Doikers 21-05-2010 04:29 PM

*Hugs Lindsay* Is there someone you can talk too about how you're feeling , a CPN or SW?
Sorry I have to go now because I'm being picked up , I'll try and get online as much as I can this weekend :)

*Spots Taz and Hugs*

PoisonedApple 21-05-2010 04:58 PM

Ok. I'm sorry I couldn't make it through all the pages of posts... I did get through the first couple though.
April~I play Runetotem more often than not usually but I've been playing silvermoon only the last week or so to level my new alt.
KitKat~ How are you now?
All~ My sister in law was wrong... not one kit. 3. I'll post pics when I get back from the front desk :D They're adorable but we've been hand feeding the littlest goat milk to try and make sure he doesn't die. Anyhow... Be back soon. :)

PoisonedApple 21-05-2010 05:49 PM

chinchillas!
 
5 Attachment(s)
Ok, there's the runt of the litter (Houdini), Then the darker larger baby (Thor), The lighter baby (still arguing over her name, suggestions have been: Loki, Freya, Morrigna, Banana and Telephone), A pic of mom and babies, and dad (he wouldn't come out... he's mopey cuz I took mom and babies out of the bigger cage)

PoisonedApple 21-05-2010 05:57 PM

3 Attachment(s)
Here's Mama (Xochitl, and the dad's name is Sorley) being held (she's the biggest and she's about 2 yrs old), There's Dagda (our other young chinchilla he's about 8 months old and is small for his age because he was a runt too) and just for fun a pic of my daughter's rabbit (his name is Switchblade - made more sense when his sister Symphony was still alive, they were named for the band). The rabbit is about 8 yrs old, he's a rex.

SoMuchMore 21-05-2010 06:20 PM

crimson- awww so cute!

*hugs april* You are such a good person hun. I'm sorry that you are having such a rough time lately. How r u today?
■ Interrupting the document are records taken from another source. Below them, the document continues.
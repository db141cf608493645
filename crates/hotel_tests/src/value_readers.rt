//! The scenario `value-readers`; `.ci/bytes` gives each reader of values more texts, and that of locks its own, by the
//! words of the built program.
use hotel_asks::{AskFault, ValueFault, ValueName};
use hotel_nights::{Day, Guest, GuestFault};
use keycard_rules::{CardNo, Chain, Code, Link, Turned};
use std::alloc::Global;
use std::error::Error;
use std::process::Abort;
use std::test::Fail;

const NO_CODES: &[&[u8]] = &[b"", b"1234567890123", b"xyz"];

const SIXTY_ONE: &str = "abcdefghijklmnopqrstuvwxyzabcdefghijklmnopqrstuvwxyzabcdefghi";

/// Codes are read and printed.
fn codes_read<A: Abort>(rt: &A) {
    let read = Code::read(b"ABC").expect(rt, "hexadecimal digits");
    assert!(rt; read.print() == *b"000000000abc");
    for text in NO_CODES {
        assert!(rt; Code::read(text).is_none());
    }
}

#[test]
fn value_readers(rt: HostRuntime) {
    codes_read(&rt);
    let greatest = CardNo::new(9_999_999).expect(&rt, "a number in range");
    assert!(rt; greatest.next().is_none());
    assert!(rt; Day::read(b"2001-02-29").is_none());
    assert!(rt; Guest::read(rt.alloc(), SIXTY_ONE) == Err(GuestFault::Unread));
}

#[test]
fn value_readers_of_a_chain(rt: HostRuntime) -> Result<(), Fail> {
    let old_code = Code::new(0xa0).expect(&rt, "a code");
    let new_code = Code::new(0xa1).expect(&rt, "a code");
    let mut chain = Chain::install(rt.alloc(), old_code)?;
    assert!(rt; !chain.holds(new_code));
    let link = chain.issue(new_code)?;
    assert!(rt; link == Link { old_code, new_code });
    let turned = Turned {
        before: old_code,
        after: new_code,
    };
    assert!(rt; chain.enter(&link) == Some(turned));
    Ok(())
}

fn prints<E: Error>(alloc: Global, fault: &E, text: &str) -> Result<bool, Fail> {
    Ok(fault.to_string(alloc)?.as_str() == text)
}

/// Faults of values print what the program says of them, without a line feed.
#[test]
fn faults_of_values_printed(rt: HostRuntime) -> Result<(), Fail> {
    let alloc = rt.alloc();
    let unread = ValueFault::Value(ValueName::Nights);
    assert!(rt; prints(alloc, &unread, "unread NIGHTS")?);
    assert!(rt; prints(alloc, &ValueFault::Number, "too few or too many values")?);
    assert!(rt; prints(alloc, &AskFault::Values(unread), "unread NIGHTS")?);
    assert!(rt; prints(alloc, &AskFault::Memory, "memory")?);
    Ok(())
}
*waves to owen* hope that you managed to sleep well and that julie is well rested for work.

*hugs taz* sorry if i just missed this (ive been trying to keep up reading but i'm starting to get ppl confused lol) but where r u packing for?

*hugs lindsay*

*hugs mark* hope that you have a good weekend at your parents place!

*hugs oliver* I'm sorry to hear that you cut a lot.. but thats great about the person you like! Those good bizarre feelings are wonderful.

*hugs helen, hannah, kat, and everyone else*

I'm back in my hometown now. Its always strange being back here, I feel distinctly different. Hopefully buying a new dress today for my sisters graduation next weekend. Ugh, i always like the idea of shopping for nice things, but i always look bad anyway.

Have a good day/evening everyone! I dont know if i'll be on until later tonight when most of you are sleeping!

PoisonedApple 21-05-2010 06:24 PM

Oh and I forgot to say... G MOVED OUT YESTERDAY!!! *does happy dance*

SoMuchMore 21-05-2010 06:28 PM

*hugs crimson* yay! Im glad that your happy about that!